Saved data entries
────────
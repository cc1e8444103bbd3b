ghost use Rattle.std.specs.Prelude.{◌≡◌, ◌==◌, ℕ, ◌+◌, ◌-◌, ◌<◌, ◌≤◌, ◌^◌, ◌∷◌, ◌++◌, [], List, Bool, min, length, map, OnOk, IfOk, IsTrue};
ghost use Rattle.ilk_cnf.specs.Extends.{PartExtensionsAreExactly, EqualsGivenValues};
ghost use Rattle.ilk_cnf.specs.Formula.{is_clause_over, with_var_count};
ghost use Rattle.ilk_cnf.specs.Literal.{positive_lit};
ghost use Rattle.ilk_cnf.specs.Part.{with_part};
ghost use Rattle.ilk_cnf.specs.Truth.{is_true};
ghost use Rattle.ilk_ints.specs.Bits.{bit_count, assigned_bits_from_var, lowest_bits_of};
ghost use Rattle.ilk_ints.specs.Number.{value_lit_part};
ghost use Rattle.ilk_ints.specs.Named.{value_lits_part_from, value_lits_part, one_hot_bits, one_hot_var_bits, value_var_count, bound_var_count, value_bound_var_count, bound_count, bound_lits_part_from, bound_lits_part, bound_bits, at_most_vars_bits};

use crate::bounded::{
    Bounded, add_value_lit_clauses, add_vars_to_cnf, bit_count, one_bit_value_lit,
};
use crate::limit::{add_bound_lit, highest_bit_decides};
use ilk_cnf::{Cnf, Lit, Lits};
use std::alloc::{AllocError, Global};

fn next_is(
    alloc: Global,
    cnf: &mut Cnf,
    used: &mut u64,
    n: Bounded,
    value: u8,
) -> Result<Lit, AllocError>
    requires from_1 { 0 < n.first }
    requires within { n.first + bit_count n.range ≤ used.old + 1 }
    requires there { used.old < cnf.old.vars }
    ensures lit { IfOk result (λ l. l ≡ positive_lit (used.old + 1)) }
    ensures vars { OnOk result (cnf.new.vars ≡ cnf.old.vars) }
    ensures made { OnOk result
        (with_var_count cnf.new used.new
        ≡ with_part (with_var_count cnf.old used.old)
        (value_lit_part n.first n.range value used.old)) }
{
    let _ = cnf.vars();
    *used += 1;
    let lit = Lit::new(*used, true);
    add_value_lit_clauses(alloc, cnf, n, value, lit)?;
    Ok(lit)
}

fn add_values(alloc: Global, cnf: &mut Cnf, used: &mut u64, n: Bounded) -> Result<Lits, AllocError>
    requires from_1 { 0 < n.first }
    requires within { n.first + bit_count n.range ≤ used.old + 1 }
    requires there { used.old + n.range ≤ cnf.old.vars }
    ensures lits { IfOk result
        (λ lits. lits ≡ (value_lits_part_from n.first n.range 0 n.range used.old).lits) }
    ensures vars { OnOk result (cnf.new.vars ≡ cnf.old.vars) }
    ensures made { OnOk result
        (with_var_count cnf.new used.new
        ≡ with_part (with_var_count cnf.old used.old)
        (value_lits_part_from n.first n.range 0 n.range used.old).part) }
{
    let mut lits = Lits::new(alloc);
    for value in 0..n.range {
        lits.push(next_is(alloc, cnf, used, n, value)?)?;
    }
    Ok(lits)
}

/// Returns a literal for each value of the integer `n`, true exactly if `n` has it. The literals
/// belong to the next variables after the first `used` ones, which exist, and `used` grows by their
/// number. For range 2 they are the literals of the bit, and nothing is added. On error, `cnf` may
/// have grown.
pub fn add_value_lits(
    alloc: Global,
    cnf: &mut Cnf,
    used: &mut u64,
    n: Bounded,
) -> Result<Lits, AllocError>
    requires from_1 { 0 < n.first }
    requires within { n.first + bit_count n.range ≤ used.old + 1 }
    requires there { used.old + value_var_count n.range ≤ cnf.old.vars }
    ensures lits { IfOk result (λ lits. lits ≡ (value_lits_part n.first n.range used.old).lits) }
    ensures vars { OnOk result (cnf.new.vars ≡ cnf.old.vars) }
    ensures made { OnOk result
        (with_var_count cnf.new used.new
        ≡ with_part (with_var_count cnf.old used.old)
        (value_lits_part n.first n.range used.old).part) }

    // If the integer is w, the new variables have exactly one assignment, and the literals say w.
    ensures law { OnOk result
        ((a : List Bool) (w : ℕ) → length a ≡ used.old → w < n.range →
        assigned_bits_from_var a n.first (bit_count n.range)
        ≡ lowest_bits_of (bit_count n.range) w →
        PartExtensionsAreExactly a (value_lits_part n.first n.range used.old).part
        (EqualsGivenValues (one_hot_var_bits n.range w))) }
    ensures exact { OnOk result
        ((a c : List Bool) (w : ℕ) → length a ≡ used.old → w < n.range →
        assigned_bits_from_var a n.first (bit_count n.range)
        ≡ lowest_bits_of (bit_count n.range) w →
        map (is_true (a ++ (one_hot_var_bits n.range w ++ c)))
        (value_lits_part n.first n.range used.old).lits
        ≡ one_hot_bits w 0 n.range) }
{
    let _ = cnf.vars();
    let _ = bit_count(n.range);
    let lits = if n.range == 2 {
        two_values(alloc, n)?
    } else {
        add_values(alloc, cnf, used, n)?
    };
    Ok(lits)
}

fn two_values(alloc: Global, n: Bounded) -> Result<Lits, AllocError>
    requires range { n.range ≡ 2 }
    requires from_1 { 0 < n.first }
    requires numbered { n.first ≤ 2 ^ 62 }
    ensures { IfOk result
        (λ lits. lits
        ≡ (record { var = n.first; positive = (0 == 1) })
        ∷ (record { var = n.first; positive = (1 == 1) }) ∷ []) }
{
    let mut lits = Lits::new(alloc);
    lits.push(one_bit_value_lit(n, 0))?;
    lits.push(one_bit_value_lit(n, 1))?;
    Ok(lits)
}

fn bound_count(range: u8) -> u64
    ensures count { result ≡ bound_count range }
    ensures few { result ≤ range - 3 }
{
    let values = u64::from(range);
    values
        .saturating_sub(3)
        .min(values.saturating_sub(bit_count(range)))
}

fn bounds_vars(range: u8) -> u64
    ensures count { result ≡ bound_var_count range 1 (bound_count range) }
    ensures few { result ≤ 256 }
{
    let mut count = 0;
    let mut k = 1u8;
    for _ in 0..bound_count(range) {
        if !highest_bit_decides(range, k) {
            count += 1;
        }
        k += 1;
    }
    count
}

/// Adds the variables for the literals of an integer's values and bounds to `cnf`, and no clause.
/// The integer is from 0 to `range` - 1. On error, `cnf` may have grown.
pub fn reserve_value_and_bound_vars(cnf: &mut Cnf, range: u8) -> Result<(), AllocError>
    ensures { OnOk result
        (cnf.new ≡ with_var_count cnf.old (cnf.old.vars + value_bound_var_count range)) }
{
    let values = if range == 2 { 0 } else { u64::from(range) };
    add_vars_to_cnf(cnf, values + bounds_vars(range))?;
    Ok(())
}

fn add_bounds(
    alloc: Global,
    cnf: &mut Cnf,
    used: &mut u64,
    n: Bounded,
    below: Lit,
    equals: &[Lit],
) -> Result<Lits, AllocError>
    requires range { 1 < n.range }
    requires few { length equals.now < n.range }
    requires from_1 { 0 < n.first }
    requires within { n.first + bit_count n.range ≤ used.old + 1 }
    requires lits { IsTrue (is_clause_over used.old (below ∷ equals.now)) }
    requires there { (bound_lits_part_from n.first n.range below 1 equals.now used.old).part.vars
        ≤ cnf.old.vars }
    ensures lits { IfOk result
        (λ lits. lits ≡ (bound_lits_part_from n.first n.range below 1 equals.now used.old).lits) }
    ensures vars { OnOk result (cnf.new.vars ≡ cnf.old.vars) }
    ensures made { OnOk result
        (with_var_count cnf.new used.new
        ≡ with_part (with_var_count cnf.old used.old)
        (bound_lits_part_from n.first n.range below 1 equals.now used.old).part) }
{
    let _ = bit_count(n.range);
    let mut lits = Lits::new(alloc);
    let mut below = below;
    let mut k = 1u8;
    for equal in equals {
        below = add_bound_lit(alloc, cnf, used, n, k, below, *equal)?;
        lits.push(below)?;
        k += 1;
    }
    Ok(lits)
}

fn bounds_of(
    alloc: Global,
    cnf: &mut Cnf,
    used: &mut u64,
    n: Bounded,
    values: &[Lit],
) -> Result<Lits, AllocError>
    requires from_1 { 0 < n.first }
    requires within { n.first + bit_count n.range ≤ used.old + 1 }
    requires all { length values.now ≡ n.range }
    requires lits { IsTrue (is_clause_over used.old values.now) }
    requires there { (bound_lits_part n.first n.range values.now used.old).part.vars ≤
        cnf.old.vars }
    ensures lits { IfOk result
        (λ lits. lits ≡ (bound_lits_part n.first n.range values.now used.old).lits) }
    ensures vars { OnOk result (cnf.new.vars ≡ cnf.old.vars) }
    ensures made { OnOk result
        (with_var_count cnf.new used.new
        ≡ with_part (with_var_count cnf.old used.old)
        (bound_lits_part n.first n.range values.now used.old).part) }
{
    let count = bound_count(n.range);
    match values {
        [below, rest @ ..] if count > 0 => {
            add_bounds(alloc, cnf, used, n, *below, &rest[..count as usize])
        }
        _ => Ok(Lits::new(alloc)),
    }
}

/// Returns a literal for each bound k from 1 on, true exactly if the integer `n` is at most k. Only
/// the bounds with at least two values on each side have one, within two variables per value in
/// total. They belong to the next variables after the first `used` ones, which exist. `values` are
/// the literals of the values, from `add_value_lits`. On error, `cnf` may have grown.
pub fn add_bound_lits(
    alloc: Global,
    cnf: &mut Cnf,
    used: &mut u64,
    n: Bounded,
    values: &[Lit],
) -> Result<Lits, AllocError>
    requires from_1 { 0 < n.first }
    requires within { n.first + bit_count n.range ≤ used.old + 1 }
    requires all { length values.now ≡ n.range }
    requires lits { IsTrue (is_clause_over used.old values.now) }
    requires there { (bound_lits_part n.first n.range values.now used.old).part.vars ≤
        cnf.old.vars }
    ensures lits { IfOk result
        (λ lits. lits ≡ (bound_lits_part n.first n.range values.now used.old).lits) }
    ensures vars { OnOk result (cnf.new.vars ≡ cnf.old.vars) }
    ensures made { OnOk result
        (with_var_count cnf.new used.new
        ≡ with_part (with_var_count cnf.old used.old)
        (bound_lits_part n.first n.range values.now used.old).part) }

    // If the integer is w, and the literals of its values say so.
    ensures law { OnOk result
        ((a : List Bool) (w : ℕ) → length a ≡ used.old → w < n.range →
        assigned_bits_from_var a n.first (bit_count n.range)
        ≡ lowest_bits_of (bit_count n.range) w →
        map (is_true a) values.now ≡ one_hot_bits w 0 n.range →
        PartExtensionsAreExactly a (bound_lits_part n.first n.range values.now used.old).part
        (EqualsGivenValues (at_most_vars_bits n.range w 1 (bound_count n.range)))) }
    ensures exact { OnOk result
        ((a c : List Bool) (w : ℕ) → length a ≡ used.old → w < n.range →
        assigned_bits_from_var a n.first (bit_count n.range)
        ≡ lowest_bits_of (bit_count n.range) w →
        map (is_true a) values.now ≡ one_hot_bits w 0 n.range →
        map (is_true (a ++ (at_most_vars_bits n.range w 1 (bound_count n.range) ++ c)))
        (bound_lits_part n.first n.range values.now used.old).lits
        ≡ bound_bits w 1 (bound_count n.range)) }
{
    let _ = bit_count(n.range);
    let lits = bounds_of(alloc, cnf, used, n, values)?;
    Ok(lits)
}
────────
TASK GOAL: Among the entries above, find the line with "add_bounds(alloc, cnf, used, n, *below, &rest[..count" and the line with "the values, from"; give again exactly these two lines and all lines between them.

ANSWER SECTION:
            add_bounds(alloc, cnf, used, n, *below, &rest[..count as usize])
        }
        _ => Ok(Lits::new(alloc)),
    }
}

/// Returns a literal for each bound k from 1 on, true exactly if the integer `n` is at most k. Only
/// the bounds with at least two values on each side have one, within two variables per value in
/// total. They belong to the next variables after the first `used` ones, which exist. `values` are
/// the literals of the values, from `add_value_lits`. On error, `cnf` may have grown.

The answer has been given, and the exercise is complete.